(DATA SUPPLIED Opens)

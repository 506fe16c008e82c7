//! Which ranks the permitted walks of each statement's cases have, or the limit that a case passes.
//!
//! `reached_ranks` marks the ranks of the nodes of each case's graph (`case_graphs`): a row of bits for each statement. The ranks of the
//! nodes are those of the walks (`ranks_of_nodes_are_those_of_walks`).
//!
//! An alternative is reached by walks, and not by paths without loops. A permitted walk may visit a router twice, and the
//! graph has a node for what it has passed. So an alternative that only a loop meets counts as reached, as everywhere where
//! the ranks of a policy are spoken of. To ask it of paths without loops would be a search over all of them.
//!
//! The limits are asked and no more, as `case_graphs` says. So a policy can be linted that `compile` refuses for its sources, or since no
//! numbers exist.
//!
//! `lint` alone needs it.
//!
//! It knows nothing of relations, numbers or texts.
#![tactic(auto)]

mod laws;
mod marks;
mod ranks;

pub use laws::ranks_of_nodes_are_those_of_walks;
pub use ranks::reached_ranks;
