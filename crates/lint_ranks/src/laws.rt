//! Laws of ranks, each the contract of a function without a body.
ghost use Rattle.std.specs.Prelude.{◌↔◌, ℕ};
ghost use Rattle.net_base.specs.Network.{PlainNet};
ghost use Rattle.net_base.specs.Sets.{holds};
ghost use Rattle.policy_base.specs.declared.case.Case.{Case};
ghost use Rattle.policy_base.specs.Policies.{PlainStatement};
ghost use Rattle.graph_base.specs.Graphs.{IsGraph, PlainGraph};
ghost use Rattle.evidence_law.specs.Faithful.{IsFaithful};
ghost use Rattle.lint_ranks.specs.Marks.{HasRank};
ghost use Rattle.lint_ranks.specs.Reached.{IsRankOfCase};

/// Some node of a faithful graph of a case has a rank exactly where some permitted walk of the case has it.
pub fn ranks_of_nodes_are_those_of_walks()
    ensures { (net : PlainNet) (s : PlainStatement) (c : Case) (g : PlainGraph) (k : ℕ) → IsGraph g → IsFaithful net s (holds c.origins) c.external g
        → HasRank g k ↔ IsRankOfCase net s c k }
{}
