//! The job of each command: what the bytes of its names come to.
ghost use Rattle.std.specs.Prelude.{◌≡◌, ◌<◌, ◌≤◌, length};
ghost use Rattle.std.specs.List.{AllByRecursion};
ghost use Rattle.compile_jobs.specs.Compiling.{SaysOfThree};
ghost use Rattle.run_base.specs.Reading.{most, word_at};
ghost use Rattle.run_base.specs.Said.{IsGiven, said, text as text_said};
ghost use Rattle.propane_run.specs.Run.{Job};
ghost use Rattle.propane_run.specs.declared.command.Command.TheVariants.{Under, After};
ghost use Rattle.propane_run.specs.Words.{places_of, HasNumber};

use crate::command::{Command, Course, Outlook};
use compare_jobs::compare_texts;
use compile_jobs::{Answer, Part, answered_texts, explain_texts, sample_summary, written_texts};
use help_texts::{help, version};
use judging_jobs::{
    audit_texts, check_map_texts, check_texts, config_maps_text, lint_texts, migrate_text,
    route_map_texts,
};
use net_base::List;
use renewal_jobs::{renewal_texts, reuse_texts};
use report_jobs::{
    DrainCommand, MultipathCommand, ReplayCommand, SettleCommand, TraceCommand, WaitingCommand,
    WhatIfCommand, impact_texts, promises_texts,
};
use run_base::Stop;
use stage_jobs::between_texts;
use std::alloc::Global;

// The text at a place.
fn text(texts: &[List<u8>], place: usize) -> &[u8]
    requires within { place < length texts.now }
    requires short { AllByRecursion (λ bytes. length bytes ≤ most) texts.now }
    ensures is { result.now ≡ word_at texts.now place }
    ensures short { length result.now ≤ most }
{
    texts[place].as_slice()
}

// A text of the program's own.
fn written(alloc: Global, text: &str) -> Result<Vec<u8>, Stop>
    ensures { IsGiven (λ what. what ≡ text_said text.now) (said result) }
{
    Ok(text.as_bytes().to_vec(alloc)?)
}

// What a command comes to that compiles, and answers what a third text asks.
fn answer_texts<A: Answer>(alloc: Global, texts: &[List<u8>]) -> Result<Vec<u8>, Stop>
    requires count { length texts.now ≡ 3 }
    requires short { AllByRecursion (λ bytes. length bytes ≤ most) texts.now }
    ensures { IsGiven (SaysOfThree A.Asked.line_of A.Asked.spelled A.writes texts.now) (said result) }
{
    answered_texts::<A>(alloc, text(texts, 0), text(texts, 1), text(texts, 2))
}

// What is asked under a scenario.
fn under(alloc: Global, outlook: Outlook, texts: &[List<u8>]) -> Result<Vec<u8>, Stop>
    requires count { length texts.now ≡ 3 }
    requires short { AllByRecursion (λ bytes. length bytes ≤ most) texts.now }
    ensures { IsGiven (Job (Under outlook) texts.now) (said result) }
{
    match outlook {
        Outlook::Replay => answer_texts::<ReplayCommand>(alloc, texts),
        Outlook::Drain => answer_texts::<DrainCommand>(alloc, texts),
        Outlook::WhatIf => answer_texts::<WhatIfCommand>(alloc, texts),
        Outlook::Multipath => answer_texts::<MultipathCommand>(alloc, texts),
    }
}

// What is asked after events.
fn after(alloc: Global, course: Course, texts: &[List<u8>]) -> Result<Vec<u8>, Stop>
    requires count { length texts.now ≡ 3 }
    requires short { AllByRecursion (λ bytes. length bytes ≤ most) texts.now }
    ensures { IsGiven (Job (After course) texts.now) (said result) }
{
    match course {
        Course::Trace => answer_texts::<TraceCommand>(alloc, texts),
        Course::Settle => answer_texts::<SettleCommand>(alloc, texts),
        Course::Waiting => answer_texts::<WaitingCommand>(alloc, texts),
    }
}

/// What a command comes to, from the bytes of its names.
pub fn job(alloc: Global, command: &Command, texts: &[List<u8>]) -> Result<Vec<u8>, Stop>
    requires count { length texts.now ≡ length (places_of command.now) }
    requires short { AllByRecursion (λ bytes. length bytes ≤ most) texts.now }
    requires number { HasNumber command.now }
    ensures { IsGiven (Job command.now texts.now) (said result) }
{
    match *command {
        Command::Compile => { written_texts(alloc, Part::Config, text(texts, 0), text(texts, 1)) }
        Command::Evidence => {
            written_texts(alloc, Part::Evidence, text(texts, 0), text(texts, 1))
        }
        Command::Check => check_texts(
            alloc,
            text(texts, 0),
            text(texts, 1),
            text(texts, 2),
            text(texts, 3),
        ),
        Command::Explain => explain_texts(alloc, text(texts, 0), text(texts, 1)),
        Command::Sample(leaves) => sample_summary(alloc, leaves),
        Command::Migrate => migrate_text(alloc, text(texts, 0)),
        Command::Impact(prefix) => { impact_texts(alloc, text(texts, 0), text(texts, 1), prefix) }
        Command::RouteMap => route_map_texts(alloc, text(texts, 0), text(texts, 1)),
        Command::CheckMap => check_map_texts(alloc, text(texts, 0), text(texts, 1)),
        Command::Lint => lint_texts(alloc, text(texts, 0), text(texts, 1)),
        Command::Audit => audit_texts(
            alloc,
            text(texts, 0),
            text(texts, 1),
            text(texts, 2),
            text(texts, 3),
            text(texts, 4),
            text(texts, 5),
        ),
        Command::Help(topic) => written(alloc, help(topic)),
        Command::Version => written(alloc, version()),
        Command::Promises => promises_texts(alloc, text(texts, 0), text(texts, 1)),
        Command::Maps => config_maps_text(alloc, text(texts, 0)),
        Command::Between(stage) => between_texts(alloc, stage, text(texts, 0), text(texts, 1)),
        Command::Renew(part) => renewal_texts(
            alloc,
            part,
            text(texts, 0),
            text(texts, 1),
            text(texts, 2),
        ),
        Command::Reuse(part) => reuse_texts(
            alloc,
            part,
            text(texts, 0),
            text(texts, 1),
            text(texts, 2),
            text(texts, 3),
        ),
        Command::Compare => { compare_texts(alloc, text(texts, 0), text(texts, 1), text(texts, 2)) }
        Command::Under(outlook) => under(alloc, outlook, texts),
        Command::After(course) => after(alloc, course, texts),
    }
}
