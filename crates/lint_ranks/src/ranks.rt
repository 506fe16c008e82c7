//! The ranks that the walks of each statement's cases have.
ghost use Rattle.std.specs.Prelude.{◌≡◌, ◌+◌, ◌<◌, ◌^◌, IfErr, IfOk, OnOk, length};
ghost use Rattle.policy_base.specs.declared.limits.TheConstants.{ALTERNATIVES};
ghost use Rattle.policy_base.specs.Cases.{case_list};
ghost use Rattle.policy_base.specs.Policies.{policy_of};
ghost use Rattle.policy_base.specs.CaseNumbers.{OriginsAreRouters};
ghost use Rattle.case_graphs.specs.Limits.{AreAllWithin, IsRefused};
ghost use Rattle.lint_ranks.specs.Marks.{AreReached};

use crate::marks::mark_ranks;
use bit_rows::Rows;
use case_graphs::{LimitRefusal, case_graphs, prefix_case};
use net_base::{Net, known_net};
use policy_base::limits::ALTERNATIVES;
use policy_base::{CaseList, Policy};
use std::alloc::Global;

/// For each statement, by its number from 1, the ranks that permitted walks of its cases have, as the bits of a row; or which
/// limit the first case passes that passes one. Row 0 and bit 0 stay clear.
pub fn reached_ranks(
    alloc: Global,
    net: &Net,
    policy: &Policy,
    cases: &CaseList,
) -> Result<Rows, LimitRefusal>
    requires cases { cases.now.cases ≡ case_list net.now (policy_of policy.now) }
    requires few { length cases.now.cases < 2 ^ 32 }
    requires routers { OriginsAreRouters net.now policy.now.origins }
    ensures rows { IfOk result (λ ranks. ranks.count ≡ length policy.now.statements + 1) }
    ensures bits { IfOk result (λ ranks. ranks.bits ≡ ALTERNATIVES + 1) }
    ensures reached { IfOk result (AreReached net.now (policy_of policy.now)) }
    ensures within { OnOk result (AreAllWithin net.now (policy_of policy.now)) }
    ensures refused { IfErr result (IsRefused net.now (policy_of policy.now)) }
{
    known_net(net);
    let graphs = case_graphs(alloc, net, policy, cases)?;
    let rows = policy.statements().len() as u32 + 1;
    let mut ranks = Rows::new(alloc, rows, ALTERNATIVES as u32 + 1)?;
    let list = cases.cases.as_slice();
    for place in 0..list.len() {
        let case = &list[place];
        let graph = graphs.graph_for(&prefix_case(case));
        mark_ranks(&mut ranks, case.statement, graph.nodes());
    }
    Ok(ranks)
}
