//! Laws of the commands, each the contract of a function without a body.
ghost use Rattle.std.specs.Prelude.{◌≡◌, ℕ, List, [], ◌∷◌};
ghost use Rattle.propane_run.specs.Pairs.{ArePair};
ghost use Rattle.run_base.specs.Reading.{Holds, SaidOfTold};
ghost use Rattle.propane_run.specs.Run.{Job};
ghost use Rattle.run_base.specs.Said.{Said, text};
ghost use Rattle.propane_run.specs.Words.{names_read};
ghost use Rattle.propane_run.specs.declared.command.Command.{Command};

/// A command says one thing of the same bytes.
pub fn commands_say_one_thing()
    ensures { (c : Command) (bs : List (List ℕ)) (one other : Said) → Job c bs one → Job c bs other → one ≡ other }
{}

/// So where all that a command reads is told, there is one thing to say: two runs of it, which no fault stops and for
/// which memory suffices, write the same.
pub fn told_texts_come_to_one_thing()
    ensures { (holds : Holds) (words : List (List ℕ)) (c : Command) (one other : Said)
        → SaidOfTold holds (names_read words c) (Job c) one → SaidOfTold holds (names_read words c) (Job c) other → one ≡ other }
{}

/// What `evidence` writes passes with what `compile` writes of the same texts.
pub fn written_pairs_pass()
    ensures { (topology policy config_written evidence_written : List ℕ)
        → Job Command.Compile (topology ∷ policy ∷ []) (text config_written)
        → Job Command.Evidence (topology ∷ policy ∷ []) (text evidence_written)
        → ArePair topology policy config_written evidence_written }
{}
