//! The top call: which words are which command, which job that is, and what a run promises.
//!
//! `run` takes the words after the program's name, the inputs and two sinks. The first word names the command, and the names
//! of its inputs follow it: so a command is known by its word and by how many names it reads (`Command`, which owns nothing
//! and is copied). Its inputs are read in order, its job is done on their bytes, and what it comes to is delivered.
//! `specs/Words` says which words are a command, `specs/Run` what a job says of bytes, `specs/Clauses` and `specs/Ends` what
//! the clauses of `run` are made of.
//!
//! The clauses name no command but `compile`, whose claim a reader is to see in full (`right`): the text that was written
//! spells a configuration that keeps the policy. The claim names no evidence. That evidence passes for what was written is
//! said beside it, by what `compile` promises. What each command promises is data of the command (`Promised`): it says for
//! each command and status what the sink has taken. `EndsRight` says where a command succeeds, fails or refuses, and what it
//! was asked about is said by command (`IsFor`): the inputs of `replay` must spell a scenario, too, before a refusal can be
//! told. So a further command changes no clause. A command ends as done, refused or failing only where `Promised` lists that
//! for it. Which line a failing check gives is in the verdict, so `ends` says the status alone.
//!
//! Each sink is spoken of only where something is to go to it: where a command is to refuse, `ends` asks for a calm error
//! output, and otherwise for a calm output; `complete` delivers. The clause `whole` is the strongest of those on what is
//! written, and the others follow from it. So it stays, though no caller in the repository cites it.
//!
//! The laws of a run are proved for any job: that what it says of bytes has one of a few forms and is one thing
//! (`commands_say_one_thing`, `told_texts_come_to_one_thing`).
//!
//! It knows nothing of files.
#![tactic(auto)]

ghost use Rattle.std.specs.Prelude.{◌≡◌, ◌≢◌, ◌⊎◌, ◌≤◌, ℕ, List, Some, None, length, map, string_bytes};
ghost use Rattle.input_output.specs.Outside.{Rose};
ghost use Rattle.run_base.specs.Reading.{AreOnlyRead, FailedAs, IsAmong, RoseOf, SaidOfTold, unread};
ghost use Rattle.run_base.specs.Said.{Calm, Said, said, text, Delivered, MetFault, Whole};
ghost use Rattle.propane_run.specs.Clauses.{FaultFound, ReadsSmoothly};
ghost use Rattle.propane_run.specs.Ends.{EndsRight};
ghost use Rattle.propane_run.specs.Headline.{CompilesRight};
ghost use Rattle.propane_run.specs.Promises.{Promised};
ghost use Rattle.propane_run.specs.Run.{IsAnswer, IsAnswerOf, Comes, Job, Ran};
ghost use Rattle.propane_run.specs.Words.{words_are, names_read, usage, IsWithin};

mod command;
mod jobs;
mod laws;

pub use command::{Command, Course, Outlook, words_of};
use help_texts::USAGE;
use input_output::{Inputs, Sink};
pub use laws::{commands_say_one_thing, told_texts_come_to_one_thing, written_pairs_pass};
pub use run_base::Status;
use run_base::{Stop, deliver, read_all, send};
use std::alloc::Global;

// What a command comes to, before anything is written: its names are read in order, and its job is done on their bytes.
fn answer<I: Inputs>(
    alloc: Global,
    words: &[String],
    inputs: &mut I,
    command: Command,
) -> Result<Vec<u8>, Stop>
    requires { IsWithin (length words.now) command }
    ensures says { IsAnswerOf (I.holds inputs.old) (RoseOf (I.faults inputs.old) (I.faults inputs.new)) (map string_bytes words.now) (Some command) (said result) }
    ensures failed { FailedAs (said result).status (I.all_faults inputs.old) (I.all_faults inputs.new) }
    ensures read { AreOnlyRead (I.holds inputs.old) (I.holds inputs.new) (I.faults inputs.old) (I.faults inputs.new) (I.sure inputs.old) (I.sure inputs.new) }
{
    let texts = read_all(alloc, inputs, words, command.places())?;
    jobs::job(alloc, &command, texts.as_slice())
}

// The words are judged, the inputs are read, the job runs, and what it comes to is written.
fn run_whole<I: Inputs, O: Sink, E: Sink>(
    alloc: Global,
    words: &[String],
    inputs: &mut I,
    out: &mut O,
    err: &mut E,
) -> Status
    ensures ran { Ran O.taken O.faults E.taken E.faults (I.holds inputs.old) (RoseOf (I.faults inputs.old) (I.faults inputs.new))
        (I.all_faults inputs.old) (I.all_faults inputs.new) (map string_bytes words.now) out.old out.new err.old err.new result }
    ensures read { AreOnlyRead (I.holds inputs.old) (I.holds inputs.new) (I.faults inputs.old) (I.faults inputs.new) (I.sure inputs.old) (I.sure inputs.new) }
    ensures out_counts { O.faults out.old ≤ O.faults out.new }
    ensures err_counts { E.faults err.old ≤ E.faults err.new }
{
    match words_of(words) {
        Some(command) => {
            let came = answer(alloc, words, inputs, command);
            deliver(&came, out, err)
        }
        None => send(err, USAGE, Status::Usage),
    }
}

/// The run of a command: the words after the program's name, the named inputs, and the two sinks.
///
/// The words are judged first; then the inputs are read in the order of the words; then each text is judged in
/// that order; then the writes are made. The first thing that goes wrong ends the run and decides the status: a
/// reading or a write that fails isn't tried again. The whole output is
/// made in memory before its first byte is written, and a sink to which nothing is to go isn't called.
pub fn run<I: Inputs, O: Sink, E: Sink>(
    alloc: Global,
    words: &[String],
    inputs: &mut I,
    out: &mut O,
    err: &mut E,
) -> Status
    // Where `compile` ends with Done, `out` grew by the text of a configuration, which keeps the policy in the network, as
    // the inputs mean them.
    ensures right { words_are (map string_bytes words.now) ≡ Some Command.Compile → result ≡ Status.Done
        → CompilesRight (I.holds inputs.old) O.taken (map string_bytes words.now) out.old out.new }

    // Where a command ends with Done, `out` grew by what the command promises.
    ensures promised { (c : Command) → words_are (map string_bytes words.now) ≡ Some c → result ≡ Status.Done
        → Promised (I.holds inputs.old) O.taken (map string_bytes words.now) c Status.Done out.old out.new }

    // It ends with CheckFails only where the command judges what it is given, and that fails, which `out` tells as it promises.
    ensures check_fails { result ≡ Status.CheckFails → (c : Command) × (words_are (map string_bytes words.now) ≡ Some c)
        × Promised (I.holds inputs.old) O.taken (map string_bytes words.now) c Status.CheckFails out.old out.new × (err.new ≡ err.old) }

    // It ends with Refused only where the command may refuse what it is given, and does, which `err` tells as it promises.
    ensures refused { result ≡ Status.Refused → (c : Command) × (words_are (map string_bytes words.now) ≡ Some c)
        × Promised (I.holds inputs.old) E.taken (map string_bytes words.now) c Status.Refused err.old err.new × (out.new ≡ out.old) }

    // Where all that a command reads is told and no count of it rises, it ends as it is to end by what its inputs spell, if no count
    // rises of the sink that is to take something; or memory ran out.
    ensures ends { (c : Command)
        → ReadsSmoothly (I.holds inputs.old) (RoseOf (I.faults inputs.old) (I.faults inputs.new)) (map string_bytes words.now) c
        → EndsRight (I.holds inputs.old) (map string_bytes words.now)
        (¬ Rose (O.faults out.old) (O.faults out.new) → (result ≡ Status.NoMemory) ⊎ (result ≡ Status.Done))
        (¬ Rose (O.faults out.old) (O.faults out.new) → (result ≡ Status.NoMemory) ⊎ (result ≡ Status.CheckFails))
        (λ line. ¬ Rose (E.faults err.old) (E.faults err.new)
        → (result ≡ Status.NoMemory) ⊎ (result ≡ Status.Refused) × Whole E.taken line err.old err.new × (out.new ≡ out.old)) c }

    // All that a run may do: an answer of the words and the inputs, delivered. The other clauses on what is written, and on what
    // failed, follow.
    ensures whole { (what : Said)
        × IsAnswer (I.holds inputs.old) (RoseOf (I.faults inputs.old) (I.faults inputs.new)) (map string_bytes words.now) what
        × FailedAs what.status (I.all_faults inputs.old) (I.all_faults inputs.new)
        × Delivered O.taken O.faults E.taken E.faults what out.old out.new err.old err.new result }

    // On Done `out` grew by exactly the text that the bytes of the inputs come to, and `err` is untouched.
    ensures done { result ≡ Status.Done → (c : Command) × (bytes : List ℕ)
        × Comes (I.holds inputs.old) (map string_bytes words.now) c (text bytes)
        × Whole O.taken bytes out.old out.new × (err.new ≡ err.old) }

    // Usage exactly where the words are no command, unless its line met a fault.
    ensures usage_only { result ≡ Status.Usage → (words_are (map string_bytes words.now) ≡ None)
        × Whole E.taken usage.to_err err.old err.new × (out.new ≡ out.old) }
    ensures usage { words_are (map string_bytes words.now) ≡ None
        → (result ≡ Status.Usage) ⊎ (result ≡ Status.WriteFault) }

    // ReadFault only where the reading of a name failed that the command reads, and no other reading; the line names it.
    ensures read_fault { result ≡ Status.ReadFault → (c : Command) × (name : List ℕ)
        × (words_are (map string_bytes words.now) ≡ Some c) × IsAmong (names_read (map string_bytes words.now) c) name
        × Rose (I.faults inputs.old name) (I.faults inputs.new name)
        × Whole E.taken (unread name).to_err err.old err.new × (out.new ≡ out.old)
        × Rose (I.all_faults inputs.old) (I.all_faults inputs.new) }

    // BadInput only where a named input is too long or its bytes are not lawful; the line tells the fault.
    ensures bad_input { result ≡ Status.BadInput → (c : Command) × (line : List ℕ)
        × (words_are (map string_bytes words.now) ≡ Some c)
        × FaultFound (I.holds inputs.old) (map string_bytes words.now) c line
        × Whole E.taken line err.old err.new × (out.new ≡ out.old) }

    // WriteFault only where one write failed, to a sink that was to take something, and took a front of it.
    ensures write_fault { result ≡ Status.WriteFault → (what : Said)
        × IsAnswer (I.holds inputs.old) (RoseOf (I.faults inputs.old) (I.faults inputs.new)) (map string_bytes words.now) what
        × FailedAs what.status (I.all_faults inputs.old) (I.all_faults inputs.new)
        × MetFault O.taken O.faults E.taken E.faults what out.old out.new err.old err.new }

    // The first call that fails ends the run: where it ends with another status, no reading failed, and no write did.
    ensures reads { result ≢ Status.ReadFault → result ≢ Status.WriteFault → I.all_faults inputs.new ≡ I.all_faults inputs.old }
    ensures writes { result ≢ Status.WriteFault → Calm O.faults out.old out.new × Calm E.faults err.old err.new }

    // Want of memory writes nothing.
    ensures no_memory { result ≡ Status.NoMemory → (out.new ≡ out.old) × (err.new ≡ err.old) }

    // Where all that a command reads is told and no count of it rises, what the bytes come to is delivered, or memory ran out.
    ensures complete { (c : Command)
        → ReadsSmoothly (I.holds inputs.old) (RoseOf (I.faults inputs.old) (I.faults inputs.new)) (map string_bytes words.now) c
        → (result ≡ Status.NoMemory)
        ⊎ (wanted : Said) × SaidOfTold (I.holds inputs.old) (names_read (map string_bytes words.now) c) (Job c) wanted
        × Delivered O.taken O.faults E.taken E.faults wanted out.old out.new err.old err.new result }

    // Another run may follow: no read changed what a name holds, no count fell, and a name that is sure stays so.
    ensures holds { (name : List ℕ) → I.holds inputs.new name ≡ I.holds inputs.old name }
    ensures counts { (name : List ℕ) → I.faults inputs.old name ≤ I.faults inputs.new name }
    ensures sure { (name : List ℕ) → I.sure inputs.old name → (I.faults inputs.new name ≡ I.faults inputs.old name) × I.sure inputs.new name }
    ensures out_counts { O.faults out.old ≤ O.faults out.new }
    ensures err_counts { E.faults err.old ≤ E.faults err.new }
{
    run_whole(alloc, words, inputs, out, err)
}
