//! Ranks that are marked, in a row of bits for each statement.
ghost use Rattle.std.specs.Prelude.{◌≡◌, ℕ, ◌<◌, ◌==◌, ◌&&◌, ◌||◌, IfSome};
ghost use Rattle.std.specs.List.{AllByRecursion};
ghost use Rattle.graph_base.specs.declared.graph.Node.{Node as PlainNode};
ghost use Rattle.bit_rows.specs.Tables.{IsSameSize, has_at};
ghost use Rattle.lint_ranks.specs.Marks.{is_rank, some_has_rank};

use bit_rows::Rows;
use graph_base::Node;

// Sets the bit of a rank, where there is one.
fn mark(marks: &mut Rows, row: u32, rank: Option<u32>)
    requires row { row < marks.old.count }
    requires rank { IfSome rank (λ k. k < marks.old.bits) }
    ensures size { IsSameSize marks.new marks.old }
    ensures bits { (r b : ℕ) → r < marks.old.count → has_at marks.new r b ≡ (has_at marks.old r b || (r == row && is_rank b rank)) }
{
    if let Some(rank) = rank {
        marks.set(row, rank);
    }
}

/// Sets in the row the bit of each rank that a node has.
pub fn mark_ranks(marks: &mut Rows, row: u32, nodes: &[Node])
    requires row { row < marks.old.count }
    requires ranks { AllByRecursion (λ (node : PlainNode). IfSome node.rank (λ k. k < marks.old.bits)) nodes.now }
    ensures size { IsSameSize marks.new marks.old }
    ensures bits { (r b : ℕ) → r < marks.old.count → has_at marks.new r b ≡ (has_at marks.old r b || (r == row && some_has_rank b nodes.now)) }
{
    for node in nodes {
        mark(marks, row, node.rank);
    }
}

(DATA SUPPLIED Closes)

TASK TO CARRY OUT
Go to the line with "Status.Refused → (c" in the entries above and repeat every line from there through the line with "(I.holds inputs.old) E.taken", exactly and with no other text.

WRITTEN ANSWER
    ensures refused { result ≡ Status.Refused → (c : Command) × (words_are (map string_bytes words.now) ≡ Some c)
        × Promised (I.holds inputs.old) E.taken (map string_bytes words.now) c Status.Refused err.old err.new × (out.new ≡ out.old) }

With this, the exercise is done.